𝗪𝗶𝗹𝗺𝗮 𝟰.𝟬 𝗦𝗰𝘂𝗹𝗽𝘁𝗲𝗱 𝗣𝗮𝗿𝘁𝘀 - 𝗧𝗲𝘀𝘁 𝗙𝗶𝘁 𝗼𝗳 𝟯𝗗 𝗣𝗿𝗶𝗻𝘁𝘀

𝟯𝗗𝗖𝗼𝗮𝘁: 𝗪𝗶𝗹𝗺𝗮 𝟰.𝟬 𝗦𝗰𝘂𝗹𝗽𝘁𝗲𝗱 𝗣𝗮𝗿𝘁𝘀 - 𝗧𝗲𝘀𝘁 𝗙𝗶𝘁 𝗼𝗳 𝟯𝗗 𝗣𝗿𝗶𝗻𝘁𝘀

Just received the 3D printed prototype parts for Wilma 4.0, and I’m thrilled to share the results of the dry fitting!

𝗣𝗿𝗲𝗹𝗶𝗺𝗶𝗻𝗮𝗿𝘆 𝗖𝗵𝗲𝗰𝗸: 𝗗𝗿𝘆 𝗙𝗶𝘁𝘁𝗶𝗻𝗴 𝟯𝗗 𝗣𝗿𝗶𝗻𝘁𝗲𝗱 𝗣𝗮𝗿𝘁𝘀

I’m pleased to report that the parts fit as designed (see left photo), indicating no major rework on the joints is necessary. This success is attributed to both experience with the 3D printing process and careful design decisions during digital file preparation.

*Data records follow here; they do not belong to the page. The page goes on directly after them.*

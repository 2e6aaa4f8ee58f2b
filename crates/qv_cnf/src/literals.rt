//! Literals and clauses.

ghost use Rattle.std.specs.Prelude.{◌≡◌, ◌≤◌, ◌^◌, ◌↔◌, IsTrue, IsSome, IfSome, unsigned_abs};

use smallvec::SmallVec;
use std::marker::Model;

/// A variable or its negation. Variables are numbered from 1 to 2^30.
#[derive(Clone, Copy, Debug, PartialEq, Eq, PartialOrd, Ord, Hash)]
pub struct Lit {
    code: u32,
}

impl Model for Lit {
    ghost use Rattle.std.specs.Prelude.{◌≤◌, ◌<◌, ◌^◌, ◌+◌};
    ghost use Rattle.qv_cnf.specs.Literal.{Literal, literal_at, index_of, index_of-literal_at};

    ghost Value = { Literal };

    ghost view = { λ a. literal_at a.code };

    ghost invariant = { λ a. (2 ≤ a.code) × (a.code < 2 ^ 31 + 2) };

    ghost inverse = { λ l. record { code = index_of l } };

    ghost inverse_ok = { λ a h. Prim.rw (index_of-literal_at a.code) };
}

impl Lit {
    /// The greatest number of a variable.
    pub const MAX_VARIABLE: u32 = 1 << 30;

    ghost use Rattle.qv_cnf.specs.Literal.{IsLiteral, literal_of, number_of, negated, index_of};

    /// The literal that the number names, as in DIMACS: a minus negates.
    pub fn new(number: i32) -> Option<Lit>
        ensures some { IsSome result ↔ IsLiteral (literal_of number) }
        ensures value { IfSome result (λ lit. lit ≡ literal_of number) }
    {
        let variable = number.unsigned_abs();
        if variable == 0 || variable > Self::MAX_VARIABLE {
            return None;
        }
        let sign = if number > 0 { 0 } else { 1 };
        Some(Lit {
            code: 2 * variable + sign,
        })
    }

    /// The number that names it.
    pub fn number(&self) -> i32
        ensures value { result ≡ number_of self.now }
        ensures literal { IsLiteral self.now }
    {
        let variable = (self.code / 2) as i32;
        if self.code % 2 == 0 {
            variable
        } else {
            -variable
        }
    }

    /// Its variable.
    pub fn variable(self) -> u32
        ensures value { result ≡ self.variable }
        ensures literal { IsLiteral self }
    {
        self.code / 2
    }

    /// Whether it is the variable, and not its negation.
    pub fn is_positive(self) -> bool
        ensures { result ≡ self.positive }
    {
        self.code % 2 == 0
    }

    /// The other literal of its variable.
    pub fn negated(self) -> Lit
        ensures { result ≡ negated self }
    {
        let code = if self.code % 2 == 0 {
            self.code + 1
        } else {
            self.code - 1
        };
        Lit { code }
    }

    /// Its place in a table with two places for each variable, from 2 to 2^31 + 1.
    pub fn index(self) -> usize
        ensures value { result ≡ index_of self }
        ensures literal { IsLiteral self }
    {
        self.code as usize
    }
}

/// What fills the places of a `Clause` that no literal has taken.
impl Default for Lit {
    ghost use Rattle.std.specs.Prelude.{pos};
    ghost use Rattle.qv_cnf.specs.Literal.{literal_of};

    ghost is_default = { λ lit. lit ≡ literal_of (pos 1) };

    /// The first variable.
    fn default() -> Lit {
        Lit { code: 2 }
    }
}

/// The literals of a clause, of which one at least is true. Most clauses of circuits have three.
pub type Clause = SmallVec<Lit, 4>;
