#[test]
fn a_moved_case_keeps_all_but_its_schema(rt: HostRuntime) -> Result<(), Fail> {
    let heap = rt.alloc();
    let base = schema(heap, ORDERED)?;
    // 0 beside 3
    let plan = plan_of(heap, &base, &[beside(0, 4, 5)])?;
    let mut row = [LogRecord::Noted(BLANK); 10];
    let mut case = Case::new(&base, Log::over(&mut row), Queue::new(), 12);
    // what stays on offer keeps its order, and what is new goes to the end
    let begun: [(Call, &[u8]); 3] = [
        (Call::Start(1), &[3]),
        (Call::Finish(1), &[3, 2]),
        (Call::Move(&plan), &[3, 2, 0]),
    ];
    lives(&rt, &mut case, &begun);
    assert!(rt; case.number() == 12 && case.schema().version() == 2);
    assert!(rt; case.state(1) == Some(State::Completed));
    holds(&rt, &case, &[Entry::Start(1), Entry::End(1)]);
    works(&rt, &mut case, &[0, 2]);
    assert!(rt; case.state(4) == Some(State::NotActivated));
    works(&rt, &mut case, &[3, 4]);
    assert!(rt; case.is_finished() && case.store().len() == 10);
    Ok(())
}

#[test]
fn what_follows_a_new_activity_is_no_more_on_offer(rt: HostRuntime) -> Result<(), Fail> {
    let heap = rt.alloc();
    let base = schema(heap, BESIDE)?;
    let plan = plan_of(heap, &base, &[delete(3), insert(9, 1)])?;
    let mut row = [BLANK; 8];
    let mut case = Case::new(&base, CompactedTable::over(&mut row), Board::new(), 12);
    works(&rt, &mut case, &[1]);
    assert!(rt; case.worklist().has(2) && case.worklist().has(3));
    assert_eq!(rt; case.migrate(&plan), Ok(()));
    assert!(rt; case.state(3).is_none());
    assert!(rt; case.state(2) == Some(State::NotActivated));
    assert!(rt; case.worklist().has(9) && case.worklist().count() == 1);
    works(&rt, &mut case, &[9, 2, 4]);
    assert!(rt; case.is_finished());
    Ok(())
}

#[test]
fn what_is_put_into_a_dead_branch_is_skipped(rt: HostRuntime) -> Result<(), Fail> {
    let heap = rt.alloc();
    let base = schema(heap, CHOICE)?;
    let plan = plan_of(heap, &base, &[insert(9, 2)])?;
    let mut row = [BLANK; 5];
    let mut case = Case::new(&base, CompactedTable::over(&mut row), Queue::new(), 1);
    let calls: [(Call, &[u8]); 5] = [
        (Call::Choose(5, 1), &[7]),
        (Call::Start(7), &[]),
        (Call::Finish(7), &[8]),
        (Call::Start(8), &[]),
        (Call::Move(&plan), &[]),
    ];
    lives(&rt, &mut case, &calls);
    assert!(rt; case.state(9) == Some(State::Skipped));
    assert!(rt; case.state(8) == Some(State::Running));
    assert!(rt; case.finish(8).is_ok() && case.is_finished());
    Ok(())
}

// the empty row, and an AND block with nothing in it
const NOTHING_TO_DO: [&[u8]; 2] = [b"0100010000", b"0100010302FF03FF04FF00"];

#[test]
fn a_finished_case_is_not_moved(rt: HostRuntime) -> Result<(), Fail> {
    let heap = rt.alloc();
    let other = schema(heap, BESIDE)?;
    let foreign = plan_of(heap, &other, &[delete(2)])?;
    for line in NOTHING_TO_DO {
        let base = schema(heap, line)?;
        let empty = plan_of(heap, &base, &[])?;
        let mut row = [BLANK; 1];
        let mut case = Case::new(&base, CompactedTable::over(&mut row), Queue::new(), 1);
        stays(&rt, &mut case, &empty, Err(CallRefusal::Finished), &[], &[]);
        // whatever the plan was made of
        stays(
            &rt,
            &mut case,
            &foreign,
            Err(CallRefusal::Finished),
            &[],
            &[],
        );
    }
    let base = schema(heap, CHOICE)?;
    let late = plan_of(heap, &base, &[insert(9, 6)])?;
    let mut row = [BLANK; 5];
    let mut case = Case::new(&base, CompactedTable::over(&mut row), Queue::new(), 1);
    assert!(rt; case.choose(5, 1).is_ok());
    works(&rt, &mut case, &[7, 8]);
    let entries = [
        Entry::Choose(5, 1),
        Entry::Start(7),
        Entry::End(7),
        Entry::Start(8),
        Entry::End(8),
    ];
    stays(
        &rt,
        &mut case,
        &late,
        Err(CallRefusal::Finished),
        &[],
        &entries,
    );
    stays(
        &rt,
        &mut case,
        &foreign,
        Err(CallRefusal::Finished),
        &[],
        &entries,
    );
    Ok(())
}

// 1 beside 2 beside 3, with edges from 1 to 2 and to 3
const EDGES: &[u8] = b"0100010702FF010103FF010203FF010304FF0201020103";

// another version; 2 before 3; the edges in another order; no edge to 3
const NOT_EDGES: [&[u8]; 4] = [
    b"0100020702FF010103FF010203FF010304FF0201020103",
    b"0100010702FF010103FF010303FF010204FF0201020103",
    b"0100010702FF010103FF010203FF010304FF0201030102",
    b"0100010702FF010103FF010203FF010304FF010102",
];

#[test]
fn a_plan_of_another_schema_moves_no_case(rt: HostRuntime) -> Result<(), Fail> {
    let heap = rt.alloc();
    let base = schema(heap, EDGES)?;
    let entries = [Entry::Start(1)];
    for line in NOT_EDGES {
        let other = schema(heap, line)?;
        let empty = plan_of(heap, &other, &[])?;
        // it could not be made under the case either
        let failing = plan_of(heap, &other, &[delete(1)])?;
        let mut row = [BLANK; 2];
        let mut case = Case::new(&base, CompactedTable::over(&mut row), Queue::new(), 1);
        assert!(rt; case.start(1).is_ok());
        stays(
            &rt,
            &mut case,
            &empty,
            Err(CallRefusal::OtherBase),
            &[],
            &entries,
        );
        stays(
            &rt,
            &mut case,
            &failing,
            Err(CallRefusal::OtherBase),
            &[],
            &entries,
        );
    }
    // a schema with the same parts is the same
    let same = schema(heap, EDGES)?;
    let plan = plan_of(heap, &same, &[delete(3)])?;
    let mut row = [BLANK; 2];
    let mut case = Case::new(&base, CompactedTable::over(&mut row), Queue::new(), 1);
    assert!(rt; case.start(1).is_ok());
    assert_eq!(rt; case.migrate(&plan), Ok(()));
    Ok(())
}

#[test]
fn a_change_that_fails_refuses_the_move(rt: HostRuntime) -> Result<(), Fail> {
    let heap = rt.alloc();
    let base = schema(heap, WAITING)?;
    let plans: [(&[RawChange], usize, u8); 7] = [
        (&[delete(2)], 0, 2),
        (&[drop_edge(2, 3), delete(3), delete(1)], 2, 1),
        (&[insert(9, 0)], 0, 1),
        (&[insert(9, 7), insert(8, 3), insert(7, 2)], 2, 2),
        (&[beside(9, 0, 1)], 0, 2),
        (&[beside(9, 4, 5), beside(8, 0, 1)], 1, 2),
        (&[drop_edge(2, 3), add_edge(3, 2)], 1, 2),
    ];
    for (changes, place, id) in plans {
        let plan = plan_of(heap, &base, changes)?;
        let mut row = [LogRecord::Noted(BLANK); 4];
        let mut case = Case::new(&base, Log::over(&mut row), Queue::new(), 1);
        works(&rt, &mut case, &[1]);
        assert!(rt; case.start(2).is_ok());
        let entries = [Entry::Start(1), Entry::End(1), Entry::Start(2)];
        stays(&rt, &mut case, &plan, fails(place, id), &[], &entries);
    }
    Ok(())
}

#[test]
fn a_refused_move_leaves_what_is_on_offer(rt: HostRuntime) -> Result<(), Fail> {
    let heap = rt.alloc();
    let base = schema(heap, ORDERED)?;
    // 0 would be on offer, and 4 would be gone
    let plan = plan_of(heap, &base, &[delete(4), beside(0, 4, 5), insert(9, 1)])?;
    let mut row = [BLANK; 4];
    let mut case = Case::new(&base, CompactedTable::over(&mut row), Queue::new(), 1);
    works(&rt, &mut case, &[1]);
    let entries = [Entry::Start(1), Entry::End(1)];
    stays(&rt, &mut case, &plan, fails(2, 1), &[3, 2], &entries);
    works(&rt, &mut case, &[2]);
    Ok(())
}

#[test]
fn a_plan_without_changes_moves_every_case(rt: HostRuntime) -> Result<(), Fail> {
    let heap = rt.alloc();
    let versions: [(&[u8], u16); 3] = [
        (b"01000001010100", 1),
        (b"01FFFE01010100", 65535),
        (b"01FFFF01010100", 65535),
    ];
    for (line, next) in versions {
        let base = schema(heap, line)?;
        let plan = plan_of(heap, &base, &[])?;
        let mut row = [BLANK; 2];
        let mut case = Case::new(&base, CompactedTable::over(&mut row), Queue::new(), 1);
        assert_eq!(rt; case.migrate(&plan), Ok(()));
        assert!(rt; case.schema().version() == next);
        assert!(rt; case.worklist().as_slice() == [1].as_slice());
        assert!(rt; case.start(1).is_ok());
        let again = if base.version() == next {
            Ok(())
        } else {
            Err(CallRefusal::OtherBase)
        };
        stays(&rt, &mut case, &plan, again, &[], &[Entry::Start(1)]);
        assert!(rt; case.finish(1).is_ok() && case.is_finished());
    }
    Ok(())
}

#[test]
fn a_moved_case_is_moved_once_more(rt: HostRuntime) -> Result<(), Fail> {
    let heap = rt.alloc();
    let base = schema(heap, BESIDE)?;
    let first = plan_of(heap, &base, &[insert(9, 3)])?;
    let second = plan_of(heap, first.released(), &[add_edge(9, 3), insert(10, 8)])?;
    let mut row = [BLANK; 12];
    let mut case = Case::new(&base, CompactedTable::over(&mut row), Queue::new(), 1);
    assert_eq!(rt; case.migrate(&second), Err(CallRefusal::OtherBase));
    let calls: [(Call, &[u8]); 6] = [
        (Call::Start(1), &[]),
        (Call::Finish(1), &[2, 3]),
        (Call::Start(2), &[3]),
        (Call::Move(&first), &[3]),
        (Call::Finish(2), &[3, 9]),
        // 3 waits for 9
        (Call::Move(&second), &[9]),
    ];
    lives(&rt, &mut case, &calls);
    assert!(rt; case.schema().version() == 3);
    assert_eq!(rt; case.migrate(&first), Err(CallRefusal::OtherBase));
    works(&rt, &mut case, &[9, 3, 4, 10]);
    assert_eq!(rt; case.migrate(&second), Err(CallRefusal::Finished));
    Ok(())
}

#[test]
fn what_a_round_forgot_hinders_no_move(rt: HostRuntime) -> Result<(), Fail> {
    let heap = rt.alloc();
    let base = schema(heap, LOOPS)?;
    // before the decision
    let plan = plan_of(heap, &base, &[insert(10, 3)])?;
    let mut row = [LogRecord::Noted(BLANK); 16];
    let mut case = Case::new(&base, Log::over(&mut row), Queue::new(), 1);
    works(&rt, &mut case, &[1]);
    assert!(rt; case.choose(5, 1).is_ok());
    works(&rt, &mut case, &[7]);
    assert_eq!(rt; case.migrate(&plan), fails(0, 5));
    // a round on the changed schema takes the new activity as well
    let calls: [(Call, &[u8]); 8] = [
        (Call::Again(8), &[]),
        (Call::Move(&plan), &[10]),
        (Call::Start(10), &[]),
        (Call::Finish(10), &[]),
        (Call::Choose(5, 0), &[6]),
        (Call::Start(6), &[]),
        (Call::Finish(6), &[]),
        (Call::Again(8), &[10]),
    ];
    lives(&rt, &mut case, &calls);
    holds(&rt, &case, &[Entry::Start(1), Entry::End(1)]);
    assert!(rt; case.state(5) == Some(State::NotActivated));
    Ok(())
}

#[test]
fn a_case_begins_anew_on_another_schema(rt: HostRuntime) -> Result<(), Fail> {
    let heap = rt.alloc();
    let base = schema(heap, BESIDE)?;
    let other = schema(heap, LOOPS)?;
    let of_base = plan_of(heap, &base, &[])?;
    let of_other = plan_of(heap, &other, &[])?;
    let mut row = [BLANK; 2];
    let mut case = Case::new(&base, CompactedTable::over(&mut row), Queue::new(), 1);
    works(&rt, &mut case, &[1]);
    case.open_on(&other, 5);
    assert!(rt; case.number() == 5);
    assert!(rt; case.schema().row().len() == 12);
    assert!(rt; case.store().len() == 0);
    assert!(rt; case.state(1) == Some(State::Activated));
    assert!(rt; case.worklist().as_slice() == [1].as_slice());
    assert_eq!(rt; case.migrate(&of_base), Err(CallRefusal::OtherBase));
    assert_eq!(rt; case.migrate(&of_other), Ok(()));
    works(&rt, &mut case, &[1]);
    Ok(())
}

#[test]
fn refusals_of_a_move_have_their_numbers(rt: HostRuntime) {
    let change = CallRefusal::Change { place: 3, id: 5 };
    let told = [
        (CallRefusal::Finished, 33, None, None),
        (CallRefusal::OtherBase, 34, None, None),
        (change, 35, Some(3), Some(5)),
    ];
    for (refusal, number, place, id) in told {
        let reason = Reason {
            place,
            id,
            number,
            layer: 6,
        };
        assert_eq!(rt; Reason::from(refusal), reason);
    }
}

𝟯𝗗𝗖𝗼𝗮𝘁 𝗪𝗼𝗿𝗸𝗳𝗹𝗼𝘄 𝗩𝗮𝗹𝗶𝗱𝗮𝘁𝗶𝗼𝗻

This project marks the first time I’ve used 3DCoat for the entire workflow, from sculpting to 3D printing. My primary concern was potential dimensional errors during the conversion between Surface meshes and Voxel objects. To mitigate this, I incorporated larger fit tolerances. However, the physical prints confirm 3DCoat’s capability. Notably, the left arm widget, belt buckle, and belt holster achieved perfect friction fits.

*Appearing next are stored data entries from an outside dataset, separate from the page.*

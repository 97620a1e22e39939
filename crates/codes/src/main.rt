// Prints the page of step codes, as the fitters' manual has it, so that the desk's comparison is a `diff`. It reads nothing.
#![tactic(auto)]

ghost use Rattle.std.specs.Prelude.{OnOk};
ghost use Rattle.std.specs.Io.KnownBytes.{Appends};
ghost use Rattle.rules.specs.steps.Codes.{plain_sheet};
ghost use Rattle.manual.specs.Page.{codes_page};

use filters::Failed;
use std::io::Write;

// Puts the page into a buffer with room for all of it, and writes it.
fn print_page<W: Write>(rt: &HostRuntime, output: &mut W) -> Result<(), Failed>
    ensures { OnOk result (Appends (W.contents output.old) (W.contents output.new) (codes_page plain_sheet)) }
{
    let mut page = [0u8; manual::PAGE_BYTES];
    let long = manual::put_codes(&mut page);
    filters::write_front(rt, output, &page, long)
}

// Prints the page on standard output.
fn main(rt: HostRuntime) {
    let _ = print_page(&rt, &mut rt.stdout());
}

𝗙𝗶𝗹𝗲 𝗦𝘂𝗯𝗺𝗶𝘀𝘀𝗶𝗼𝗻 𝗮𝗻𝗱 𝟯𝗗 𝗣𝗿𝗶𝗻𝘁 𝗣𝗿𝗼𝗰𝗲𝘀𝘀

File submission was seamless, thanks to a solid understanding of 3D print limitations and leveraging 3DCoat’s tools to address potential issues.

𝗠𝗮𝘁𝗲𝗿𝗶𝗮𝗹 𝗮𝗻𝗱 𝗣𝗿𝗼𝗰𝗲𝘀𝘀: MJF (Multi-Jet Fusion additive manufacturing) with PA12 Polyamide

𝗣𝗿𝗼𝘀:

• No temporary support structures required.

• Higher density, lower porosity than SLS.

• Excellent strength.

• Neutral reaction with acrylic paints.

• Good machinability.

• +/- 0.3mm accuracy.

𝗖𝗼𝗻𝘀:

• Grainy surface texture, limiting fine detail painting.

• Visible striations, possibly requiring filler and sanding.

• Higher cost for low-volume production.

• Less favourable surface finish compared to resin-based printing post-painting.

𝗦𝗰𝗮𝗹𝗲 𝗮𝗻𝗱 𝗖𝗼𝘀𝘁 𝗖𝗼𝗻𝘀𝗶𝗱𝗲𝗿𝗮𝘁𝗶𝗼𝗻𝘀

The assembled model stands at approximately 450mm (1:4 scale). While this larger scale enhances handling and painting, it significantly increases prototyping costs compared to previous 1:6 to 1:8 scale projects.